Harmony between faith and science, one of the main challenges of evangelization
The traditional position of the Catholic Church on the relationship between science and faith is that there is not only no opposition but complementarity and, therefore, there must be a good relationship. Indeed, there is only one truth about every existing being and event, which are, moreover, reflections of the one God. We approach this truth gradually and cooperatively due to the historical, solidarity and limited nature of the human being. To know this truth, the two fundamental instruments that God has granted us are faith and reason, both of which have their objects and methods. They cannot contradict each other, because both come from the same author and bring us closer to the same and unique truth of beings and events. To think that they are opposed or, simply, indifferent to each other would be to declare a failure in their origin (God), in their agent (man), or their object (reality). Science, as a form of reason (experimental reason), is not opposed to faith, just as scientific reason does not exhaust reason, as philosophy and theology demonstrate.
This does not mean that science (or philosophy or theology) and faith are interchangeable, that one can replace the other. The Catholic position defends a legitimate autonomy or respect for the method and specificity of each, following the Christological maxim of the Council of Chalcedon (451): two distinct realities, unmistakable but inseparable. In this harmonious development, faith has primacy over reason because it is the greatest of human powers, the most universal (it is within everyone’s reach, unlike experimental science), and the one that best clarifies the truth of what exists because it is received directly from God. Therefore, the more true science develops, in harmony with other forms of reason, the more faith will deepen. And the more we radicalize the life of faith – the more we go to its root – the more we will contribute to scientific progress.
Foto galaxia
“Theology is the deepest physics of the universe, with which all other sciences and human activities must be coordinated».
D. Tomás Malagón
The development of experimental science has its foundations in the Christian theological-philosophical principles of the Middle Ages which, in turn, had them in faith. How was it then that Catholic culture, a promoter of science in healthy harmony with theological knowledge, was displaced from the center of the scientific world, coming to be accused of being its worst – and even violent – enemy and, consequently, deprived of its right to continue contributing to its development? The most widespread explanation – the black legend of which the most widespread version of the “Galileo case” is the epitome – is that scientific evolution itself showed its incompatibility with Catholic “dogmas” of theological root and, therefore, was condemned by the Church. This is a false explanation. The Church has never separated itself from science, even if it wants to hide it, as demonstrated by the silencing of the scientific contributions of the School of Salamanca in the 16th century or the expulsion of the Jesuits in the 18th century when they were at the head of science at the time.
The drift, on the other hand, was initiated by a serious theological error. Luther and his followers believed that faith is more authentic if it is blind and, therefore, without links (of any kind) with reason, thus giving rise to a theological, epistemological, and existential dualism known as the “principle of double truth”. This false principle holds that there can be two different and even contradictory truths about the same thing or event, one dictated by faith (which would be subjective and relative) and the other affirmed by science (which, they say, is objective).

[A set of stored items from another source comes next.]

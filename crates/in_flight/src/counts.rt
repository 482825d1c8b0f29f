//! What a World that stands together says of its jobs, its claims and its counts.
//!
//! Lemmas alone, over what `live_model` keeps: a call that no job keeps waiting lets all jobs be, and leaves them
//! the words of their calls (`Jobs`); what the claims of a file are once it is published (`Claims`); how many jobs and
//! how many runs there are (`Counts`). The layer above, which keeps a World, cites them where a call ends.

pub use crate::script_calls::{
    Counters, call_at, calls_made, count_call, next_in, no_calls, script_length,
};
pub use live_model::{Commit, Filled, FilledJob, Job, KSplit};
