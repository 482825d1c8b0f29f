//! Jobs on the device.
//!
//! Lemmas alone: what a job's beginning and end make of a device that stands for a state, with its writes in
//! flight. The layer above may rely on this: where the blocks of a job that stands go out, the device stands
//! for the state with the job in flight (`BeginsJob`); where the blocks of a filled job are put back, the device stands for the
//! state after its call, with its entry claimed (`FinishesJob`; in sync mode for that with what is found of it, `LandsJob`); where those of a job that is given up are,
//! it stands for the state as it was (`GivesUpJob`); and the words that a write stages spell the bytes of the
//! file after it (`StagesWhole`, `SpellsWhole`). Log lines may be at home or out.

ghost use Rattle.write_jobs.specs.Laws.{BeginsJob, FinishesJob, GivesUpJob, LandsJob, SpellsWhole, StagesWhole};

/// What a job's beginning and end leave, and what its words spell.
pub fn jobs_come_and_go_on_the_device()
    ensures begins { BeginsJob }
    ensures finishes { FinishesJob }
    ensures lands { LandsJob }
    ensures given_up { GivesUpJob }
    ensures bytes { StagesWhole }
    ensures words { SpellsWhole }
{}

pub use crate::jobs::{Filled, FilledJob, Job, StagedBytes};
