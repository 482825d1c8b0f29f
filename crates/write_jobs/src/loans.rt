//! The blocks of a log entry, lent by K-Split all together, and taken back.
//!
//! A logged write has its blocks in a staging file, one after the other. `lend_blocks` lends them all, or
//! none where memory runs out; `settle_blocks` takes loans back. The layer above may rely on this: blocks
//! that are lent go out of the device and nothing else does (`GoOut`), and the loans have their words
//! (`AreLoansOf`); loans that come back are put back with whatever they hold (`ComeBack`), which are the
//! blocks of the entry again (`ArePutBack`, by the law `PutsBack`).

ghost use Rattle.write_jobs.specs.Loans.{PutsBack};

mod lending;
mod settling;

pub use lending::lend_blocks;
pub use settling::settle_blocks;

/// Loans that come back are the blocks of their entry, put back.
pub fn loans_are_put_back()
    ensures { PutsBack }
{}

pub use crate::job_laws::{FilledJob, Job};
pub use k_split::KSplit;
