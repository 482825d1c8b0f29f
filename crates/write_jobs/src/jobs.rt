//! Jobs: logged writes between their beginning and their end.
//!
//! A job has the blocks that its write stages, lent by the device, and the bytes from which the words come that they
//! are to hold (`StagedBytes`). `Job::fill` makes the words, block after block, stores them, flushes each line once and
//! fences each block; it takes no memory, and may run beside other jobs, since it touches its own blocks alone.
//!
//! The layer above may rely on this: a `FilledJob` comes from `fill` alone, and each of its blocks holds its
//! words, durable (`IsFilled`, `HoldWords`); a power loss gives the job back, with the same entry and the same
//! blocks (`IsCutOff`), exactly where the power is off at the return. At most 577 steps a block.
//! The words of `StagedBytes` are those of blocks with new bytes between old ones (`framed_bytes`).

mod contents;
mod fills;
mod jobs;

pub use contents::StagedBytes;
pub use fills::Filled;
pub use jobs::{FilledJob, Job};
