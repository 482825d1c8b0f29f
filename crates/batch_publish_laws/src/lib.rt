//! POSIX mode over K-Split: what publishes lengths, cuts files and ends.
//!
//! Definitions and laws, no code. A change of maps that gathers joins the batch as it is, or begun anew behind a commit: either
//! way the device goes on at that base, by the words that the change left, and from there on it is a change that writes no word
//! more (`Joins`). What such a change leaves is told by two Worlds and its blocks (`Changes`): then the batch stands behind it
//! (`LeavesBatch`), the device goes on where no call ends or a quiet one (`BatchGoesOn`), and where the batch is committed
//! before the call returns all of the history is kept (`BatchIsCommitted`). One file is made anew so (`Renewals`): all its
//! staged runs go to it by one landing, with the published length or with the one in memory (`Moves`); it gets a size, by a
//! truncate or an open that cuts it, or has its length published by the size alone (`Sizes`). Calls of these are whole in
//! `Closings`: `close` publishes into the batch, `fsync` commits it. A Checkpoint ends with the next lap (`Laps`), and an
//! unmount sends the lengths of all files to the medium in one commit (`Lengths`).
//!
//! Wherever the power goes in such a change, in the commit behind it, in a new lap or in an unmount, each image with no entry
//! in its log keeps the promise (`JoinLossIsKept`, `SyncLossIsKept`, `LapLossIsKept`, `LengthsLossIsKept`);
//! a commit before it is `batch_laws`'.
//!
//! Stands on `batch_laws`, `posix_mode_laws`, `live_model` and `world_write_laws`.
#![tactic(auto)]

ghost use Rattle.batch_publish_laws.specs.Changes.{BatchGoesOn, BatchIsCommitted, ChangeLeavesBatch};
ghost use Rattle.batch_publish_laws.specs.Closings.{ClosePublishes, FsyncPublishes, PublishingLeavesBatch, SyncLossIsKept};
ghost use Rattle.batch_publish_laws.specs.Joins.{JoinGoesOn, JoinLossIsKept};
ghost use Rattle.batch_publish_laws.specs.Laps.{LapGoesOn, LapLossIsKept};
ghost use Rattle.batch_publish_laws.specs.Lengths.{LengthsGoOut, LengthsLossIsKept};
ghost use Rattle.batch_publish_laws.specs.Moves.{LandingTakesFew, PublishLeavesBatch, RelinkGoesOn, RelinkKeepsStaged};
ghost use Rattle.batch_publish_laws.specs.Sizes.{OpenCutGoesOn, SizeKeepsStaged, SizeLeavesBatch, SizeTakesNone, TruncateGoesOn};
ghost use Rattle.batch_publish_laws.specs.Renewals.{RenewalLeavesBatch};

/// A change of maps that gathers: the batch stands behind it, and the device goes on, also where the batch is committed then.
pub fn changes_of_maps_gather()
    ensures gathered { ChangeLeavesBatch }
    ensures goes_on { BatchGoesOn }
    ensures committed { BatchIsCommitted }
{}

/// A file of the batch is anew, with whatever was staged of it: relinked, cut or lengthened.
pub fn files_are_anew()
    ensures { RenewalLeavesBatch }
{}

/// All staged runs of a file are relinked by one change: with the published length, and with the length in memory.
pub fn runs_are_relinked()
    ensures takes { LandingTakesFew }
    ensures kept { RelinkGoesOn }
    ensures published { PublishLeavesBatch }
    ensures staged { RelinkKeepsStaged }
{}

/// A file gets a size: a truncate, an open that cuts the file, and a length that is published by the size alone.
pub fn sizes_are_set()
    ensures takes { SizeTakesNone }
    ensures truncated { TruncateGoesOn }
    ensures opened { OpenCutGoesOn }
    ensures published { SizeLeavesBatch }
    ensures staged { SizeKeepsStaged }
{}

/// The length of a file is published by a whole call: into the batch by `close`, and by `fsync`, which commits it then.
pub fn calls_publish_lengths()
    ensures gathered { PublishingLeavesBatch }
    ensures closed { ClosePublishes }
    ensures synced { FsyncPublishes }
    ensures lost { SyncLossIsKept }
{}

/// A change of maps joins the batch, as it is or behind a commit of it; the promise is kept where the power goes in it.
pub fn changes_of_maps_join()
    ensures joined { JoinGoesOn }
    ensures lost { JoinLossIsKept }
{}

/// The next lap of the log begins behind a Checkpoint; the promise is kept where the power goes in it.
pub fn laps_begin()
    ensures begun { LapGoesOn }
    ensures lost { LapLossIsKept }
{}

/// An unmount sends the lengths of all files to the medium; the promise is kept where the power goes in it.
pub fn lengths_go_out()
    ensures out { LengthsGoOut }
    ensures lost { LengthsLossIsKept }
{}
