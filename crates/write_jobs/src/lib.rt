//! Jobs: logged writes between their beginning and their end, and the blocks that they are lent.
//!
//! A `FilledJob` comes from `Job::fill` alone, each of its blocks whole and durable; blocks are
//! lent all or none, and put back whatever they hold; the laws say what that makes of the device.
//! `fill` takes no memory.
//!
//! - `jobs`: Jobs: logged writes between their beginning and their end.
//! - `job_laws`: Jobs on the device.
//! - `loans`: The blocks of a log entry, lent by K-Split all together, and taken back.
//!
//! Stands on `pm_lines`, `layout_model`, `posix_types`, `posix_tables`, `world_image_laws`,
//! `world_write_laws` and `k_split`.
#![tactic(auto)]

mod job_laws;
mod jobs;
mod loans;

pub use job_laws::jobs_come_and_go_on_the_device;
pub use jobs::{Filled, FilledJob, Job, StagedBytes};
pub use loans::{KSplit, lend_blocks, loans_are_put_back, settle_blocks};
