//! The logged writes that are out, as a World keeps them, and the files that they keep busy.
//!
//! A job that is out is kept with its caller, its call, its entry and its blocks (`JobOut`), in the order of
//! beginning. The layer above may rely on this: `take_job` takes out the one of a caller, and leaves the others in
//! their order; `keeper` tells whether a call waits for a job of another caller, by what the calls say of the state
//! (`IsKept`): then it gives the file and that caller.

mod keeping;
mod pending;

pub use crate::counts::{
    Commit, Counters, Filled, FilledJob, Job, KSplit, call_at, calls_made, count_call, next_in,
    no_calls, script_length,
};
pub use keeping::{keeper, waits_for};
pub use open_files::OpenFiles;
pub use pending::{JobOut, place_of, take_job};
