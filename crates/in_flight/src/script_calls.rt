//! The calls of scripts: how many of each caller have returned, and which is its next.
//!
//! The layer above keeps a history of the calls that returned, and may rely on this: one number for each caller
//! counts its items (`AreCounts`, and `counts_more` with one item more); the call at that place of its script is
//! its next (`call_at`, `next_in`); a history that follows its scripts has at most their calls
//! (`history_within`); and with the next call of one caller at its end it follows them again, while the next
//! calls of all others stay (`Histories`).

mod counters;
mod scripts;

pub use counters::{Counters, calls_made, count_call, no_calls};
pub use scripts::{call_at, next_in, script_length};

This principle was very useful to the new capitalist imperialism that emerged from the sixteenth century since it offered a way to counteract the Catholic Church, which for theological and moral reasons was opposed to lending with interest and to the logic of capitalist accumulation.
Protestant dualism and the capitalism that made it profitable spread to almost all nations, eventually permeating Catholic ones as well.

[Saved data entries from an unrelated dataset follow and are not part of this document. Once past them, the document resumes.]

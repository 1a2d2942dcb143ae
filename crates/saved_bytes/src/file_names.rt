//! The files of locations: a table of their names, and which of them a reader knows.

ghost use Rattle.std.specs.Prelude.{◌≡◌, ℕ, List, is_some, OnOk, IfSome, IsSomeAnd};
ghost use Rattle.std.specs.Borrow.{Bor};
ghost use Rattle.saved_bytes.specs.Forms.Form.{Text};
ghost use Rattle.saved_bytes.specs.Forms.{Appends, items_form, list_form, unread, written};
ghost use Rattle.saved_bytes.specs.FileNames.{is_listed, location_form, file_index, saved_location_form, texts};
ghost use Rattle.saved_bytes.specs.FileNames.{AreAnyNames, IsFound, IsFileKnown, IsAnyName, IsRelocated};
ghost use Rattle.saved_bytes.specs.Reading.{ArePairwise, ItemsReadAs, ReadsAs};

use crate::decode::{DecodeError, Decoder};
use crate::encode::Encoder;
use generational_core::Location;
use std::alloc::AllocError;

/// The index of the first of these names that equals this text, or their number if there is none.
pub fn file_index(names: &[&'static str], file: &str) -> usize
    ensures { result ≡ file_index (texts names.now) file.now }
{
    for (number, name) in names.iter().enumerate() {
        if *name == file {
            return number;
        }
    }
    names.len()
}

/// Adds a name, unless it is in the list.
pub fn add_name(names: &mut Vec<&'static str>, file: &'static str) -> Result<(), AllocError>
    ensures there { OnOk result (IsFileKnown (texts names.new.items) file.entry.now) }
    ensures kept { (text : List ℕ) → IsFileKnown (texts names.old.items) text → IsFileKnown (texts names.new.items) text }
{
    if file_index(names.as_slice(), file) == names.len() {
        names.push(file)?;
    }
    Ok(())
}

// Appends each name, without their number.
fn encode_names(names: &[&'static str], out: &mut Encoder) -> Result<(), AllocError>
    ensures { OnOk result (Appends (items_form Text (texts names.now)) (written out.old) (written out.new)) }
{
    for name in names {
        out.put_text(name)?;
    }
    Ok(())
}

/// Appends a table of these names.
pub fn encode_file_names(names: &[&'static str], out: &mut Encoder) -> Result<(), AllocError>
    ensures { OnOk result (Appends (list_form Text (texts names.now)) (written out.old) (written out.new)) }
{
    out.put_u64(names.len() as u64)?;
    encode_names(names, out)
}

/// Appends the index of the location's file among these names, its line and its column.
pub fn encode_location(
    location: Location,
    names: &[&'static str],
    out: &mut Encoder,
) -> Result<(), AllocError>
    ensures { OnOk result (Appends (location_form (texts names.now) location) (written out.old) (written out.new)) }
{
    let number = file_index(names, location.file());
    if number > u32::MAX as usize {
        return Err(AllocError);
    }
    out.put_u32(number as u32)?;
    out.put_u32(location.line())?;
    out.put_u32(location.column())
}

/// The first of these files that has this name.
pub fn find_file(name: &str, files: &[&'static str]) -> Option<&'static str>
    ensures listed { is_some result ≡ is_listed files.now name.now }
    ensures same { IfSome result (λ file. file.now ≡ name.now) }
{
    for file in files {
        if *file == name {
            return Some(*file);
        }
    }
    None
}

// Reads this number of names, and finds each among these files.
fn decode_names(
    input: &mut Decoder,
    count: u64,
    files: &[&'static str],
) -> Result<Vec<Option<&'static str>>, DecodeError>
    ensures { ItemsReadAs IsAnyName Text (IsFound files.now) (λ v. v.items) count (unread input.old) result (unread input.new) }
{
    let mut found_files = Vec::new(input.alloc());
    for _ in 0..count {
        let name = input.take_text()?;
        found_files.push(find_file(name, files))?;
    }
    Ok(found_files)
}

/// Reads a table of names, and finds each among these files.
pub fn decode_file_names(
    input: &mut Decoder,
    files: &[&'static str],
) -> Result<Vec<Option<&'static str>>, DecodeError>
    ensures { ReadsAs AreAnyNames (list_form Text) (λ names v. ArePairwise (IsFound files.now) names v.items)
        (unread input.old) result (unread input.new) }
{
    let count = input.take_u64()?;
    decode_names(input, count, files)
}

/// The index of a file's name, a line and a column.
pub type SavedLocation = (u32, (u32, u32));

/// The location that was saved, or `here` if its file isn't known. None if the table is too short.
pub fn restored(
    saved: SavedLocation,
    found_files: &[Option<&'static str>],
    here: Location,
) -> Option<Location>
    ensures { (files : List (Bor (List ℕ))) (names : List (List ℕ)) (l : Location) → ArePairwise (IsFound files) names found_files.now
        → IsFileKnown names l.file.now → saved_location_form saved ≡ location_form names l
        → IsSomeAnd result (IsRelocated files here l) }
{
    let (number, (line, column)) = saved;
    match found_files.get(number as usize) {
        None => None,
        Some(None) => Some(here),
        Some(Some(file)) => Some(Location::new(file, line, column)),
    }
}
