//! Texts and lists.

ghost use Rattle.std.specs.Prelude.{◌≡◌, OnOk};
ghost use Rattle.std.specs.String.{string_bytes};
ghost use Rattle.saved_bytes.specs.Forms.Form.{Text};
ghost use Rattle.saved_bytes.specs.Forms.{Appends, list_form, items_form, unread, written};
ghost use Rattle.saved_bytes.specs.Reading.{ItemsReadAgain, ItemsReadOnly};

use crate::decode::{DecodeError, Decoder};
use crate::encode::Encoder;
use crate::saved::Saved;
use std::alloc::AllocError;

/// The length in bytes, as eight bytes, and the text.
impl Saved for String {
    ghost form = { λ text. Text (string_bytes text) };

    fn encode(&self, out: &mut Encoder) -> Result<(), AllocError> {
        out.put_text(self.as_str())
    }

    fn decode(input: &mut Decoder) -> Result<String, DecodeError> {
        let text = input.take_text()?;
        Ok(String::from_str(input.alloc(), text)?)
    }
}

/// The number of items, as eight bytes, and each item.
impl<T: Saved> Saved for Vec<T> {
    ghost form = { λ list. list_form T.form list.items };

    fn encode(&self, out: &mut Encoder) -> Result<(), AllocError> {
        out.put_u64(self.len() as u64)?;
        encode_items(self.as_slice(), out)
    }

    fn decode(input: &mut Decoder) -> Result<Vec<T>, DecodeError> {
        let count = input.take_u64()?;
        decode_items(input, count)
    }
}

/// Appends each item, without their number.
pub fn encode_items<T: Saved>(items: &[T], out: &mut Encoder) -> Result<(), AllocError>
    ensures { OnOk result (Appends (items_form T.form items.now) (written out.old) (written out.new)) }
{
    for item in items {
        item.encode(out)?;
    }
    Ok(())
}

/// Reads this number of items. A number that is too large for the bytes allocates no more than the items
/// that are there.
pub fn decode_items<T: Saved>(input: &mut Decoder, count: u64) -> Result<Vec<T>, DecodeError>
    ensures again { ItemsReadAgain T.form (λ v. v.items) count (unread input.old) result (unread input.new) }
    ensures only { ItemsReadOnly T.form (λ v. v.items) count (unread input.old) result (unread input.new) }
{
    let mut items = Vec::new(input.alloc());
    for _ in 0..count {
        let item = T::decode(input)?;
        items.push(item)?;
    }
    Ok(items)
}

On April 16, 1995, Pakistani boy Iqbal Masih was murdered by hitmen hired by the entrepreneurs who exploit child slavery to make our «cheap carpets.» Iqbal, a child slave freed by a workers’ organization, had decided to fight for the liberation of his fellow slaves. He knew the danger he was in, but, as a baptized person and a friend of Jesus, he knew how to put his words into practice: «Greater love has no one than this, to lay down one’s life for one’s friends.» (Jn 15:13)

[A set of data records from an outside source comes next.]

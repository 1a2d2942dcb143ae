//! Numbers, truth values and pairs.

ghost use Rattle.std.specs.Int.{w8, w16, w32, w64, cast_unsigned};
ghost use Rattle.saved_bytes.specs.Forms.Form.{Number, Both};
ghost use Rattle.saved_bytes.specs.Forms.{bool_tag, option_tag, option_fields, variant_form};

use crate::decode::{DecodeError, Decoder, Fault};
use crate::encode::Encoder;
use crate::saved::Saved;
use std::alloc::AllocError;

impl Saved for u8 {
    ghost form = { λ n. Number w8 n };

    fn encode(&self, out: &mut Encoder) -> Result<(), AllocError> {
        out.put_u8(*self)
    }

    fn decode(input: &mut Decoder) -> Result<u8, DecodeError> {
        input.take_u8()
    }
}

impl Saved for u16 {
    ghost form = { λ n. Number w16 n };

    fn encode(&self, out: &mut Encoder) -> Result<(), AllocError> {
        out.put_u16(*self)
    }

    fn decode(input: &mut Decoder) -> Result<u16, DecodeError> {
        input.take_u16()
    }
}

impl Saved for u32 {
    ghost form = { λ n. Number w32 n };

    fn encode(&self, out: &mut Encoder) -> Result<(), AllocError> {
        out.put_u32(*self)
    }

    fn decode(input: &mut Decoder) -> Result<u32, DecodeError> {
        input.take_u32()
    }
}

impl Saved for u64 {
    ghost form = { λ n. Number w64 n };

    fn encode(&self, out: &mut Encoder) -> Result<(), AllocError> {
        out.put_u64(*self)
    }

    fn decode(input: &mut Decoder) -> Result<u64, DecodeError> {
        input.take_u64()
    }
}

impl Saved for i8 {
    ghost form = { λ n. Number w8 (cast_unsigned w8 n) };

    fn encode(&self, out: &mut Encoder) -> Result<(), AllocError> {
        out.put_u8(self.cast_unsigned())
    }

    fn decode(input: &mut Decoder) -> Result<i8, DecodeError> {
        let number = input.take_u8()?;
        Ok(number.cast_signed())
    }
}

impl Saved for i16 {
    ghost form = { λ n. Number w16 (cast_unsigned w16 n) };

    fn encode(&self, out: &mut Encoder) -> Result<(), AllocError> {
        out.put_u16(self.cast_unsigned())
    }

    fn decode(input: &mut Decoder) -> Result<i16, DecodeError> {
        let number = input.take_u16()?;
        Ok(number.cast_signed())
    }
}

impl Saved for i32 {
    ghost form = { λ n. Number w32 (cast_unsigned w32 n) };

    fn encode(&self, out: &mut Encoder) -> Result<(), AllocError> {
        out.put_u32(self.cast_unsigned())
    }

    fn decode(input: &mut Decoder) -> Result<i32, DecodeError> {
        let number = input.take_u32()?;
        Ok(number.cast_signed())
    }
}

impl Saved for i64 {
    ghost form = { λ n. Number w64 (cast_unsigned w64 n) };

    fn encode(&self, out: &mut Encoder) -> Result<(), AllocError> {
        out.put_u64(self.cast_unsigned())
    }

    fn decode(input: &mut Decoder) -> Result<i64, DecodeError> {
        let number = input.take_u64()?;
        Ok(number.cast_signed())
    }
}

/// Eight bytes, like those of a `u64`.
impl Saved for usize {
    ghost form = { λ n. Number w64 n };

    fn encode(&self, out: &mut Encoder) -> Result<(), AllocError> {
        out.put_u64(*self as u64)
    }

    fn decode(input: &mut Decoder) -> Result<usize, DecodeError> {
        let number = input.take_u64()?;
        Ok(number as usize)
    }
}

/// A byte: 0 or 1.
impl Saved for bool {
    ghost form = { λ b. Number w8 (bool_tag b) };

    fn encode(&self, out: &mut Encoder) -> Result<(), AllocError> {
        out.put_u8(if *self { 1 } else { 0 })
    }

    fn decode(input: &mut Decoder) -> Result<bool, DecodeError> {
        let fault = input.fault(Fault::Variant);
        match input.take_u8()? {
            0 => Ok(false),
            1 => Ok(true),
            _ => Err(fault),
        }
    }
}

/// A byte: 0 for `None`, or 1 and the value.
impl<A: Saved> Saved for Option<A> {
    ghost form = { λ it. variant_form (option_tag A.form it) (option_fields A.form it) };

    fn encode(&self, out: &mut Encoder) -> Result<(), AllocError> {
        match self {
            None => out.put_u8(0),
            Some(value) => {
                out.put_u8(1)?;
                value.encode(out)
            }
        }
    }

    fn decode(input: &mut Decoder) -> Result<Option<A>, DecodeError> {
        let fault = input.fault(Fault::Variant);
        match input.take_u8()? {
            0 => Ok(None),
            1 => {
                let value = A::decode(input)?;
                Ok(Some(value))
            }
            _ => Err(fault),
        }
    }
}

impl<A: Saved, B: Saved> Saved for (A, B) {
    ghost form = { λ both. Both (A.form both.0) (B.form both.1) };

    fn encode(&self, out: &mut Encoder) -> Result<(), AllocError> {
        self.0.encode(out)?;
        self.1.encode(out)
    }

    fn decode(input: &mut Decoder) -> Result<(A, B), DecodeError> {
        let first = A::decode(input)?;
        let second = B::decode(input)?;
        Ok((first, second))
    }
}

The error of the Lutheran theologians led later – especially during the Enlightenment – to scientism, the belief that truth can only be achieved using the scientific method and, with it, the abandonment of faith (paradoxically, also of the Lutheran faith). It was a logical consequence: faith and reason are mutually implicated and without one the other is orphaned and sooner or later loses its footing; although faith was the first to fall, science has also been affected in its intelligibility. Nevertheless, the Church has continued its scientific contributions throughout history despite the black legend.
For all these reasons, there is no doubt that one of the greatest challenges for evangelization is to break with this dualistic and scientistic model rooted in Protestantism, capitalism, and the Enlightenment, and to creatively restore harmony between faith and science, with all its difficulties and consequences.